9. Let the cell operate for a few minutes. When the value of the zeta potential changes by less than 2 mV per measurement, stop the measurement and re-check the conductivity.  Make 5 single-shot measurements, noting the conductivity and pH each time. 


10. Change the pH by 1/2 a pH unit and repeat the above steps until you reach a pH of 9.5. 
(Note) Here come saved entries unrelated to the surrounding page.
//! The ratio tag.
ghost use Rattle.std.specs.Prelude.{◌≡◌, ◌*◌, ◌<◌, ◌≤◌, ◌^◌, ◌*ℤ◌, false, pos, unsigned_abs, T};
ghost use Rattle.std.proofs.Common.{refl};
ghost use Rattle.std.proofs.lemmas.Bool.{false≢true};
ghost use Rattle.std.specs.Cmp.{partial_order_from_agreeing_total};
ghost use Rattle.std.specs.Ordering.{as_partial_cmp};
ghost use Rattle.dmc_tag.specs.Tag.{Gives};
ghost use Rattle.dmc_ratio.specs.Lowest.{is_lowest, with_sign};
ghost use Rattle.dmc_ratio.specs.Ratio.{max_numer, max_denom, reduced, ratio_ops, ratio_fraction, IsRatioValue};
ghost use Rattle.dmc_ratio.specs.RatioExact.{ratio_exact};
ghost use Rattle.dmc_ratio.specs.RatioOrder.{ratio_total, ratio_matches_eq};

use crate::divisor::gcd;
use dmc_tag::tag::Tag;
use dmc_types::moment::Moment;
use std::cmp::Ordering;
use std::marker::Model;

/// An exact fraction of ticks in lowest terms: a numerator of absolute value at most 2^90 over a denominator from 1 to
/// 2^32. Contracts see it as that fraction.
#[derive(Clone, Copy, Debug, PartialEq, Eq)]
pub struct RatioTag {
    numer: i128,
    denom: u64,
    ghost lowest: { T (is_lowest numer denom) },
}

impl Model for RatioTag {
    ghost use Rattle.std.specs.Prelude.{◌≤◌, unsigned_abs};
    ghost use Rattle.dmc_ratio.specs.Ratio.{Ratio, ratio_code, max_numer, max_denom};

    ghost Value = { Ratio };

    ghost coded = { ratio_code };

    ghost view = { λ a. record { numer = a.numer; denom = a.denom; lowest = a.lowest } };

    ghost invariant = { λ a. (unsigned_abs a.numer ≤ max_numer) × (a.denom ≤ max_denom) };

    ghost inverse = { λ r. record { numer = r.numer; denom = r.denom; lowest = r.lowest } };
}

/// The greatest absolute value of a numerator.
const MAX_NUMER: u128 = 1 << 90;

/// The greatest denominator.
const MAX_DENOM: u128 = 1 << 32;

impl RatioTag {
    /// The tag of a fraction. `None` for the denominator 0, and if the fraction in lowest terms has a numerator above 2^90 or
    /// below -2^90, or a denominator above 2^32.
    pub fn new(numer: i128, denom: u64) -> Option<RatioTag>
        ensures value { result ≡ reduced numer denom }
        ensures exact { Gives ratio_fraction IsRatioValue result (record { numer = numer; denom = denom }) }
    {
        RatioTag::reduce(numer, denom as u128)
    }

    /// The numerator in lowest terms.
    pub fn numer(self) -> i128
        ensures value { result ≡ self.numer }
        ensures bound { unsigned_abs result ≤ max_numer }
    {
        self.numer
    }

    /// The denominator in lowest terms.
    pub fn denom(self) -> u64
        ensures value { result ≡ self.denom }
        ensures positive { 0 < result }
        ensures bound { result ≤ max_denom }
    {
        self.denom
    }

    /// The tag of a fraction with two numbers of any size. Its range is checked in lowest terms.
    fn reduce(numer: i128, denom: u128) -> Option<RatioTag>
        ensures { result ≡ reduced numer denom }
    {
        if denom == 0 {
            return None;
        }
        let size = numer.unsigned_abs();
        let common = gcd(size, denom);
        let least_size = size / common;
        let least_denom = denom / common;
        if least_size > MAX_NUMER || least_denom > MAX_DENOM {
            return None;
        }
        Some(RatioTag {
            numer: with_sign(least_size, numer < 0),
            denom: least_denom as u64,
        })
    }

    /// The cross product: this numerator times the other denominator.
    fn cross(self, other: RatioTag) -> i128
        ensures value { result ≡ self.numer *ℤ pos other.denom }
        ensures bound { unsigned_abs result ≤ 2 ^ 122 }
    {
        self.numer() * other.denom() as i128
    }

    /// A common denominator, over which the numerators are the cross products.
    fn shared_denom(self, other: RatioTag) -> u128
        ensures { result ≡ self.denom * other.denom }
    {
        self.denom() as u128 * other.denom() as u128
    }
}

/// The number of this absolute value, below 0 or not.
fn with_sign(size: u128, negative: bool) -> i128
    requires { size ≤ max_numer }
    ensures { result ≡ with_sign size negative }
{
    if negative {
        -(size as i128)
    } else {
        size as i128
    }
}

impl Ord for RatioTag {
    ghost cmp = { ratio_ops.compare };

    ghost total = { ratio_total };

    ghost matches_partial_cmp = { λ a b. refl };

    ghost matches_eq = { ratio_matches_eq };

    fn cmp(&self, other: &RatioTag) -> Ordering {
        self.cross(*other).cmp(&other.cross(*self))
    }
}

impl PartialOrd for RatioTag {
    ghost partial_cmp = { as_partial_cmp ratio_ops.compare };

    ghost laws = { partial_order_from_agreeing_total ratio_ops.compare ratio_total (λ a b. refl) ratio_matches_eq };

    fn partial_cmp(&self, other: &RatioTag) -> Option<Ordering> {
        Some(self.cmp(other))
    }
}

impl Tag for RatioTag {
    ghost ops = { ratio_ops };

    ghost fraction = { ratio_fraction };

    ghost is_value = { IsRatioValue };

    ghost whole = { false };

    ghost compares = { λ a b. refl };

    ghost exact = { ratio_exact };

    ghost interval = { λ e. absurd (false≢true e) };

    fn is_whole() -> bool {
        false
    }

    fn of_moment(at: Moment) -> RatioTag {
        RatioTag {
            numer: at.ticks() as i128,
            denom: 1,
        }
    }

    fn spacing(hz: u32, rate: u32) -> Option<RatioTag> {
        RatioTag::new(hz as i128, rate as u64)
    }

    fn steps(self, k: u32) -> Option<RatioTag> {
        RatioTag::reduce(k as i128 * self.numer(), self.denom() as u128)
    }

    fn plus(self, other: RatioTag) -> Option<RatioTag> {
        let sum = self.cross(other) + other.cross(self);
        RatioTag::reduce(sum, self.shared_denom(other))
    }

    fn minus(self, other: RatioTag) -> Option<RatioTag> {
        let difference = self.cross(other) - other.cross(self);
        RatioTag::reduce(difference, self.shared_denom(other))
    }

    fn ceil(self) -> i128 {
        let size = self.numer().unsigned_abs();
        let denom = self.denom() as u128;
        if self.numer() < 0 {
            with_sign(size / denom, true)
        } else {
            with_sign(size.div_ceil(denom), false)
        }
    }
}
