//! Ratio tags: exact fractions of ticks.
#![tactic(auto)]

pub mod divisor;
pub mod examples;
pub mod ratio;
11. Lower the cell and empty it.  Repeat the above process to prepare the apparatus for measurement. You do not have to re-soak the mica sample, however. Use the same sample surface.  Now titrate down from pH 5.8 in increments of 1/2 pH units until the conductivity reaches 200 µS/cm and then titrate back up until the conductivity reaches 200 µS/cm. (The conductivity decreases as you first add base to an acidic solution and then increases as you add more. Why?)


12. Average the measured zeta potentials at each pH.  Determine the 95% confidence intervals from the data at each pH. Plot the data with the confidence intervals as a function of pH.   On the same graph, plot the following data taken from Scales et al. who carefully measured the zeta potential of mica in KCl using a version of the classical parallel plate apparatus.

 

pH

zeta

3.71

-32.4

3.95

-36.0

4.01

-43.9

4.35

-42.2

4.40

-54.7

4.57

-47.6

4.83

-54.4

5.08

-65.7

5.15

-59.8

5.47

-67.9

5.75

-76.3

5.94

-74.8

6.24

-77.2

7.52

-83.4

8.92

-83.6

9.80

-81.9

Table 1.  Zeta potential of mica in contact with a 1 mM concentration of KCl. Taken from the following source: Peter J. Scales, Franz Grieser, and Thomas W. Healy “Electrokinetics of the Muscovite Mica-Aqueous Solution Interface,” Langmuir 1990, 6, 582-589.